Françoise Thébaud, Une traversée du siècle. Marguerite Thibert, femme engagée et fonctionnaire internationale

Paris, Éditions Belin/Humensis, 2017, 686 p.
Joëlle Droux
p. 347-350
Référence(s) :

Françoise Thébaud, Une traversée du siècle. Marguerite Thibert, femme engagée et fonctionnaire internationale, Paris, Éditions Belin/Humensis, 2017, 686 p.

Texte intégral

1Pour celles et ceux qui prisent le grand large, la lecture de l’ouvrage de F. Thébaud, Une traversée du siècle. Marguerite Thibert, femme engagée et fonctionnaire internationale, s’impose. Dans cet ouvrage au long cours (près de 700 pages), l’auteure, spécialiste de l’histoire des femmes et du genre, nous convie en effet à partager un impressionnant périple temporel : celui d’une inconnue illustre, Marguerite Thibert (1886‑1982). Inconnue du grand public, Marguerite Thibert était déjà une personnalité bien identifiée par les milieux réformistes de son temps, que sa biographie et sa carrière ont confrontée à tous les événements marquants d’un siècle qui en fut riche. Des guerres mondiales aux crises économiques, des révolutions communistes aux processus de décolonisation, en passant par les évolutions sociales et démographiques (travail des femmes, métamorphoses du modèle familial, développement de la protection sociale, …), Marguerite Thibert a tout vu. Et ce qu’elle a pu en voir, elle l’a saisi en outre depuis un point d’observation privilégié, celui du Bureau international du Travail (BIT) à Genève, où s’est déroulé le plus clair de son parcours professionnel. Car l’originalité et le pari de cette biographie abondamment documentée, c’est de donner à voir comment le monde a changé, en suivant une personnalité à la trace, au fil des documents qu’elle a produits sur son passage dans cet espace institutionnel et relationnel dédié à faire advenir la justice sociale et la réconciliation internationale. Un monde qui change donc, et des individus qui activent ces évolutions : et parmi ceux-là, des femmes comme Marguerite Thibert qui sont à la fois sujets et objets de ces transformations, contribuant à promouvoir de nouveaux modes de gestion des questions sociales plus respectueuses des droits humains, et s’emparant de ces nouveaux droits pour nourrir leur propre émancipation.
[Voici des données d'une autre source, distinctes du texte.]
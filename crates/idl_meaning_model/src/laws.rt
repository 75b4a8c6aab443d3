//! Laws of names: each function has an empty body, and its clause is the law.
ghost use Rattle.std.specs.Prelude.{◌≡◌, ℕ, List, Contains, Result};
ghost use Rattle.idl_model.specs.Places.{Place};
ghost use Rattle.idl_model.specs.Trees.{Tree};
ghost use Rattle.idl_meaning_model.specs.FromFiles.{AreOfFiles};
ghost use Rattle.idl_meaning_model.specs.NameFaults.{NameFault, faults, IsResolved};

/// Two faults of names never share a place, so the one that comes first is one.
pub fn a_place_has_one_fault()
    ensures { (trees : List Tree) (place : Place) (f g : NameFault) → AreOfFiles trees → Contains (faults trees) (place, f) → Contains (faults trees) (place, g) → f ≡ g }
{}

/// The names of files are told in one way, or refused for one fault.
pub fn the_names_of_files_have_one_verdict()
    ensures { (trees : List Tree) (r s : Result (List (Place × List ℕ)) (Place × NameFault)) → AreOfFiles trees → IsResolved trees r → IsResolved trees s → r ≡ s }
{}
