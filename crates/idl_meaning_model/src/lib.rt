//! What UNOIDL files mean: their declarations, what each name stands for, the values of constants, and the entities that are declared.
#![tactic(auto)]

mod laws;

pub use laws::{a_place_has_one_fault, the_names_of_files_have_one_verdict};
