// The part of a line that a piece of input does not end.
ghost use Rattle.splitter.specs.Carrying.{IsCarried, IsCarried-prop};

use crate::KEPT_MOST;

// The part of a line that has come so far: those of its bytes that decide its answer, and zeros after
// them.
#[derive(Clone, Copy, Debug, PartialEq, Eq)]
pub struct Carried {
    pub bytes: [u8; KEPT_MOST],
    pub len: usize,
    pub ghost is_carried: { IsCarried bytes len } by { IsCarried-prop bytes len },
}

impl Carried {
    ghost use Rattle.std.specs.Prelude.{◌≡◌, []};
    ghost use Rattle.splitter.specs.Splitting.{carried_of, part_of};

    // The bytes that are carried.
    pub fn as_slice(&self) -> &[u8]
        ensures { result.now ≡ part_of self.now }
    {
        &self.bytes[..self.len]
    }

    // Carries nothing from now on.
    pub fn clear(&mut self)
        ensures { self.new ≡ carried_of [] }
    {
        *self = crate::nothing_carried();
    }
}
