// Cuts input that comes in pieces of any size into lines, and answers them. A line that a piece does
// not end is carried to the next.
#![tactic(auto)]

mod part;

ghost use Rattle.std.specs.Prelude.{◌≡◌, [], ◌++◌, ◌+◌, ◌*◌, ◌≤◌, length};
ghost use Rattle.text.specs.Pasting.{Put};
ghost use Rattle.parameters.specs.ParameterSet.{etrs_laea};
ghost use Rattle.lines.specs.Lines.{answer_line, answer_most};
ghost use Rattle.splitter.specs.Splitting.{ended_lines, part_left, last_line, answers_of, carried_of, part_of};

use constants::projection::Projection;
use lines::{ANSWER_MOST, answer_at};
pub use part::Carried;
use requests::KEPT_MOST;
use text::{put_bytes, split_once};

// The part of a line that a piece does not end, and where the answers before it end.
#[derive(Clone, Copy)]
struct Answered<'a> {
    rest: &'a [u8],
    written: usize,
}

pub fn nothing_carried() -> Carried
    ensures { result ≡ carried_of [] }
{
    Carried {
        bytes: [0; KEPT_MOST],
        len: 0,
    }
}

// Adds bytes to what is carried, as many as are kept.
fn carry(carried: &mut Carried, part: &[u8])
    ensures { carried.new ≡ carried_of (part_of carried.old ++ part.now) }
{
    let n = part.len().min(KEPT_MOST - carried.len);
    carried.len = put_bytes(&mut carried.bytes, carried.len, &part[..n]);
}

// Answers the line that `part` ends, after which nothing is carried. Where nothing was, the line stands
// in the piece whole.
fn answer_first(
    projection: &Projection,
    carried: &mut Carried,
    part: &[u8],
    out: &mut [u8],
) -> usize
    requires set { projection.now.set ≡ etrs_laea }
    requires room { answer_most ≤ length out.old }
    ensures put { Put out.old 0 (answer_line (part_of carried.old ++ part.now)) out.new result }
    ensures nothing { carried.new ≡ carried_of [] }
{
    if carried.len == 0 {
        return answer_at(projection, part, out, 0);
    }
    carry(carried, part);
    let written = answer_at(projection, carried.as_slice(), out, 0);
    carried.clear();
    written
}

// Answers the lines that `piece` ends, where a line starts and `at` bytes are written.
fn answer_lines<'a>(
    projection: &Projection,
    piece: &'a [u8],
    out: &mut [u8],
    at: usize,
) -> Answered<'a>
    requires set { projection.now.set ≡ etrs_laea }
    requires room { at + answer_most * length piece.now ≤ length out.old }
    ensures put { Put out.old at (answers_of (ended_lines [] piece.now)) out.new result.written }
    ensures rest { result.rest.now ≡ part_left [] piece.now }
{
    let mut rest = piece;
    let mut written = at;
    while let Some((line, after)) = split_once(rest, b'\n') {
        written = answer_at(projection, line, out, written);
        rest = after;
    }
    Answered { rest, written }
}

// Answers every line that a piece ends, carries the rest, and tells how many bytes of answers there are.
pub fn answer_piece(
    projection: &Projection,
    carried: &mut Carried,
    piece: &[u8],
    out: &mut [u8],
) -> usize
    requires set { projection.now.set ≡ etrs_laea }
    requires room { answer_most * length piece.now ≤ length out.old }
    ensures put { Put out.old 0 (answers_of (ended_lines (part_of carried.old) piece.now)) out.new result }
    ensures carried_value { carried.new ≡ carried_of (part_left (part_of carried.old) piece.now) }
{
    let Some((end, rest)) = split_once(piece, b'\n') else {
        carry(carried, piece);
        return 0;
    };
    let written = answer_first(projection, carried, end, out);
    let answered = answer_lines(projection, rest, out, written);
    carry(carried, answered.rest);
    answered.written
}

// The answer to a last line that lacks its newline: nothing where nothing is carried.
#[tactic(auto, using(crate::proofs::Answering::last_none))]
pub fn answer_last(projection: &Projection, carried: &Carried, out: &mut [u8; ANSWER_MOST]) -> usize
    requires { projection.now.set ≡ etrs_laea }
    ensures { Put out.old 0 (answers_of (last_line (part_of carried.now))) out.new result }
{
    match carried.as_slice() {
        [] => 0,
        line => answer_at(projection, line, out, 0),
    }
}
2Tel est le parcours que dépeint cette biographie d’une ambition quasi vertigineuse. Car pour éclairer un siècle collectif au prisme d’un parcours individuel, en mettant en lumière la construction du pouvoir d’agir des femmes tout autant que les limites sur lesquelles il a buté, il a fallu à l’auteure des années d’un effort de fourmi. Il s’agissait en effet de s’ingénier à retrouver la myriade des documents illustrant la trajectoire de Marguerite Thibert, de sa naissance à sa fin de carrière, en enrichissant ces traces écrites de témoignages et souvenirs familiaux issus des descendants, d’archives audio-visuelles, puis d’analyser ce magma à la lueur de tout ce que la littérature historienne a pu produire sur ce contexte bouillonnant. Et à partir de là, rédiger et mettre en récit ce tourbillon archivistique.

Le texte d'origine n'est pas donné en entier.